Первая встреча с ним случилась у меня много лет назад. Один московский писатель, с которым я находился в приятельских отношениях, дал мне прочесть (в рукописи) свой только что законченный роман. Его герой, еврей, переживает некую метаморфозу, в результате которой приходит к мысли, что единственным выходом из жизненного тупика, в котором оказался, является отказ от еврейства и принятие христианства. Что же, как говорится — вольному воля, спасенному рай... Но каковы аргументы?.. Вот они: главное зло в жизни — это евреи, в прошлом они содержали шинки и публичные дома, потом делали революцию, потом морили голодом Украину, а нынче сматывают удочки и улепетывают в свой Израиль, ни в чем, в отличие от героя романа, так и не покаявшись перед русским народом...
Я был ошеломлен.

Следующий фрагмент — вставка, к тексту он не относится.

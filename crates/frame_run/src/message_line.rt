// Reading the line of a message.
ghost use Rattle.std.specs.Prelude.{◌≡◌, ◌<◌, ◌==◌, IfOk, IfSome, Some, length};
ghost use Rattle.std.specs.List.{position};
ghost use Rattle.event_text.specs.TextReads.{number_below};
ghost use Rattle.frame_run.specs.MessageLine.{message_of, message_with};

use event_text::{read_bytes, read_number};
use frame_io::{MOST_IN_MESSAGE, Message};
use rent_buf::{ByteList, OutOfMemory};
use std::alloc::Global;

/// The message that a line writes: its channel, a space, and its bytes in lower-case hexadecimal digits, or `-` if there are none.
/// `None` if it writes none.
#[tactic(auto, unfolding(crate::specs::MessageLine::message_of))]
pub(crate) fn message_of_line(alloc: Global, line: &[u8]) -> Result<Option<Message>, OutOfMemory>
    ensures { IfOk result (λ message. message ≡ message_of line.now) }
{
    let Some(at) = space_in(line) else {
        return Ok(None);
    };
    let Some(channel) = channel_of(&line[..at]) else {
        return Ok(None);
    };
    match read_bytes(alloc, &line[at + 1..]) {
        Ok(Some(bytes)) => Ok(short_message(channel, bytes)),
        Ok(None) => Ok(None),
        Err(refused) => Err(refused),
    }
}

// The message, if it isn't too long for one.
fn short_message(channel: u32, bytes: ByteList) -> Option<Message>
    ensures { result ≡ message_with (Some channel) (Some bytes) }
{
    if bytes.len() > MOST_IN_MESSAGE {
        return None;
    }
    Some(Message { channel, bytes })
}

// The place of the first space.
fn space_in(line: &[u8]) -> Option<usize>
    ensures place { result ≡ position (λ byte. byte == 32) line.now }
    ensures within { IfSome result (λ at. at < length line.now) }
{
    line.iter().position(|byte| *byte == b' ')
}

// The channel that a word writes.
fn channel_of(word: &[u8]) -> Option<u32>
    ensures { result ≡ number_below 4294967296 word.now }
{
    let number = read_number(word)?;
    if number > u32::MAX as u64 {
        return None;
    }
    Some(number as u32)
}
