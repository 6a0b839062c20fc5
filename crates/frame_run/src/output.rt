// Collecting lines, and writing them to a sink.
ghost use Rattle.std.specs.Prelude.{◌≡◌, ◌≤◌, ◌++◌, IfErr, OnOk, IsTrue};
ghost use Rattle.frame_run.specs.Lines.{message_line};
ghost use Rattle.frame_run.specs.Writes.{Collects, WhyUnwritten, WritesAll};

use crate::line::put_message;
use frame_io::Message;
use rent_io::{ByteSink, Failed};

// From how many bytes on lines are written.
const PIECE: usize = 65536;

/// Why not all of a text was written.
pub(crate) enum Unwritten {
    /// The sink failed.
    Fault,
    /// Memory ran out.
    OutOfMemory,
}

/// Appends the line of a message to what waits, and writes that where it is a large piece.
pub(crate) fn write_next<K: ByteSink>(
    message: &Message,
    out: &mut Vec<u8>,
    sink: &mut K,
) -> Result<(), Unwritten>
    ensures ok { OnOk result (Collects K.tells (out.old.items ++ message_line message.now) (K.taken sink.old) (K.taken sink.new)
        out.new.items) }
    ensures order { OnOk result (K.faults sink.old ≤ K.faults sink.new) }
    ensures calm { OnOk result (IsTrue K.tells → K.faults sink.new ≡ K.faults sink.old) }
    ensures why { IfErr result (WhyUnwritten K.tells (out.old.items ++ message_line message.now) (K.taken sink.old) (K.taken sink.new)
        (K.faults sink.old) (K.faults sink.new)) }
{
    match put_message(message, out) {
        Ok(()) => {}
        Err(_) => return Err(Unwritten::OutOfMemory),
    }
    if out.len() < PIECE {
        return Ok(());
    }
    match write_all(out.as_slice(), sink) {
        Ok(()) => {
            out.clear();
            Ok(())
        }
        Err(_) => Err(Unwritten::Fault),
    }
}

/// Writes bytes and flushes; at a fault the first of them were written.
pub(crate) fn write_last<K: ByteSink>(bytes: &[u8], sink: &mut K) -> Result<(), Failed>
    ensures writes { WritesAll K.tells bytes.now (K.taken sink.old) (K.taken sink.new) (K.faults sink.old) (K.faults sink.new) result }
    ensures flushed { OnOk result (IsTrue (K.is_flushed sink.new)) }
{
    write_all(bytes, sink)?;
    sink.flush()
}

// Writes all bytes; at a fault the first of them were written.
fn write_all<K: ByteSink>(bytes: &[u8], sink: &mut K) -> Result<(), Failed>
    ensures { WritesAll K.tells bytes.now (K.taken sink.old) (K.taken sink.new) (K.faults sink.old) (K.faults sink.new) result }
{
    let mut rest = bytes;
    while !rest.is_empty() {
        let count = sink.write(rest)?;
        rest = &rest[count..];
    }
    Ok(())
}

Роман писался в то самое время, когда в Алма-Ате, где я тогда жил, из университета изгоняли преподавателей-евреев, в Павлодаре шел суд — судили преподавателя-еврея за самиздат, «связь с Израилем». В газетах поносили сионистов, агентов американского империализма, главных врагов мира во всем мире... И вот — этот роман... Кстати, написанный евреем... Как его назвать — антисемитским, юдофобским?.. Так ведь автор не призывает к погромам, не цитирует «Майн кампф», и сам он — человек высокой порядочности, пострадавший за свои диссидентские убеждения... Да и роман создавался без всякой надежды на публикацию (его опубликовали потом, в годы «перестройки»), а значит — был абсолютно искренним, исповедальным...

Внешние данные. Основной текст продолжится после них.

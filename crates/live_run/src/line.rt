//! The run of one line.
ghost use Rattle.std.specs.Prelude.{◌≡◌, ◌≤◌, ◌⊎◌, [], None, Some, IfOk, IfErr, IfNone, IfSome, OnOk, IsTrue};
ghost use Rattle.machine.specs.Ledger.{Ledger};
ghost use Rattle.event_text.specs.TextLook.{line_end};
ghost use Rattle.rent_io.specs.Call.{writing};
ghost use Rattle.session_core.specs.Session.{SessionStands};
ghost use Rattle.session_core.specs.declared.top.Stop.TheVariants.{Line};
ghost use Rattle.live_run.specs.Living.{IsWhole, LineRuns, Replied, RefusesLine, RunsEvent, SinkStops};

use event_text::{event_of_line, write_reply};
use machine::Event;
use memchr::memchr;
use rent_buf::{ByteList, OutOfMemory};
use rent_io::ByteSink;
use session_core::{Session, Status, Stop, write_last, write_number};
use std::alloc::Global;

/// The first line of a text and what is behind it, if a newline ends that line.
pub(crate) fn whole_line(text: &[u8]) -> Option<(&[u8], &[u8])>
    ensures whole { IfSome result (λ parts. IsWhole text.now parts.0.now parts.1.now) }
    ensures none { IfNone result (line_end text.now ≡ []) }
{
    match memchr(b'\n', text) {
        Some(at) => Some((&text[..at], &text[at + 1..])),
        None => None,
    }
}

/// Runs the event of a line, and writes and flushes its reply; or writes and flushes the number of a wrong line, and names it.
pub(crate) fn run_line<K: ByteSink>(
    alloc: Global,
    session: &mut Session,
    line: &[u8],
    number: u64,
    sink: &mut K,
    stop: &mut Option<Stop>,
) -> Result<(), Status>
    requires one { line_end line.now ≡ [] }
    requires running { stop.old ≡ None }
    ensures runs { LineRuns K.tells line.now number session.old session.new (K.taken sink.old) (K.taken sink.new) stop.new result }
    ensures unnamed { OnOk result (stop.new ≡ None) }
    ensures flushed { OnOk result (IsTrue (K.is_flushed sink.new)) }
    ensures order { OnOk result (K.faults sink.old ≤ K.faults sink.new) }
    ensures calm { OnOk result (IsTrue K.tells → K.faults sink.new ≡ K.faults sink.old) }
    ensures why { IfErr result (SinkStops K.tells (writing K.taken K.faults K.is_flushed sink.old sink.new)) }
{
    match event_of_line::<false>(alloc, line) {
        Ok(Some(event)) => run_event(alloc, session, event, number, sink, stop),
        Ok(None) => Err(refuse_line(alloc, line, number, sink, stop)),
        Err(_) => {
            *stop = Some(Stop::Short(number));
            Err(Status::OutOfMemory)
        }
    }
}

// Runs an event, and writes and flushes its reply.
fn run_event<K: ByteSink>(
    alloc: Global,
    session: &mut Session,
    event: Event,
    number: u64,
    sink: &mut K,
    stop: &mut Option<Stop>,
) -> Result<(), Status>
    requires { stop.old ≡ None }
    ensures runs { RunsEvent K.tells event number session.old session.new (K.taken sink.old) (K.taken sink.new) stop.new result }
    ensures unnamed { OnOk result (stop.new ≡ None) }
    ensures flushed { OnOk result (IsTrue (K.is_flushed sink.new)) }
    ensures order { OnOk result (K.faults sink.old ≤ K.faults sink.new) }
    ensures calm { OnOk result (IsTrue K.tells → K.faults sink.new ≡ K.faults sink.old) }
    ensures why { IfErr result (SinkStops K.tells (writing K.taken K.faults K.is_flushed sink.old sink.new)) }
{
    let Ok(text) = reply_line(alloc, session, event) else {
        *stop = Some(Stop::Short(number));
        return Err(Status::OutOfMemory);
    };
    match write_last(text.as_slice(), sink) {
        Ok(()) => Ok(()),
        Err(_) => Err(Status::WriteFault),
    }
}

// Runs an event: the text of its reply and a newline.
fn reply_line(alloc: Global, session: &mut Session, event: Event) -> Result<Vec<u8>, OutOfMemory>
    ensures { IfOk result (λ text. (L : Ledger) → SessionStands session.old L → Replied L event session.new text.items) }
{
    let reply = session.apply(event)?;
    let mut text = Vec::new(alloc);
    write_reply(&reply, &mut text)?;
    text.push(b'\n')?;
    Ok(text)
}

// Writes and flushes the number of a wrong line, and names it.
fn refuse_line<K: ByteSink>(
    alloc: Global,
    line: &[u8],
    number: u64,
    sink: &mut K,
    stop: &mut Option<Stop>,
) -> Status
    requires { stop.old ≡ None }
    ensures refuses { RefusesLine K.tells line.now number (K.taken sink.old) (K.taken sink.new) stop.new result }
    ensures why { SinkStops K.tells (writing K.taken K.faults K.is_flushed sink.old sink.new) result }
{
    name_line(alloc, line, number, stop);
    match write_number(b"line ", number, sink) {
        Ok(()) => Status::BadLine,
        Err(_) => Status::WriteFault,
    }
}

// Names a wrong line, if there is memory for its text.
fn name_line(alloc: Global, line: &[u8], number: u64, stop: &mut Option<Stop>)
    requires { stop.old ≡ None }
    ensures { (stop.new ≡ None) ⊎ (stop.new ≡ Some (Line number line.now)) }
{
    let mut text = Vec::new(alloc);
    match text.extend_from_slice(line) {
        Ok(()) => *stop = Some(Stop::Line(number, ByteList::from_vec(text))),
        Err(_) => {}
    }
}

Тут было отчего ошеломиться.
Моему приятелю важно было почему-то мое мнение. Не помню в точности нашего разговора, но с той поры встречаться мы стали все реже... Но дело в другом. В те годы мир для меня состоял из света и тьмы, они не смешивались, не имели тонов, полутонов. Антисемиты?.. Раньше это была «черная сотня», фашисты, погромщики, теперь — те мерзавцы, которые засели в ЦК, в обкомах, горкомах, КГБ, комитетах по печати, редакциях, издательствах... В ту пору я бы ни за что не поверил, что Андрей Белый, хрустальнейший символист, обитатель небесных сфер, мог писать в 1911 году (напомню, это год начала «дела Бейлиса»): «Бесспорна отзывчивость евреев к вопросам искусства. Но равно беспочвенные во всех областях национального арийского искусства (русского, французского, немецкого), евреи не могут быть тесно прикреплены к одной области. Естественно, что они равно интересуются всем, но интерес этот не может быть интересом подлинного понимания задач данной национальной культуры, а есть показатель инстинктивного стремления к переработке, к национализации (юдаизации) этих культур, а следовательно к духовному порабощению арийцев....» И далее «ариец» Андрей Белый сообщает: «Становится страшно за судьбы родного искусства... Еврей-издатель, с одной стороны, грозит голодом писателю, с другой стороны —: еврейский критик грозит опозорить того, кто поднимет голос в защиту права русской литературы быть русской и только русской... Вы думаете, что только в русской литературе имеет место грустный факт торжества еврейского городового? В том-то и дело, что нет...» (Андрей Белый, «Штемпелеванная культура», «Весы», 1911 год. Цитируется по публикации в израильском журнале «Узы», номер 3, 1982 г.).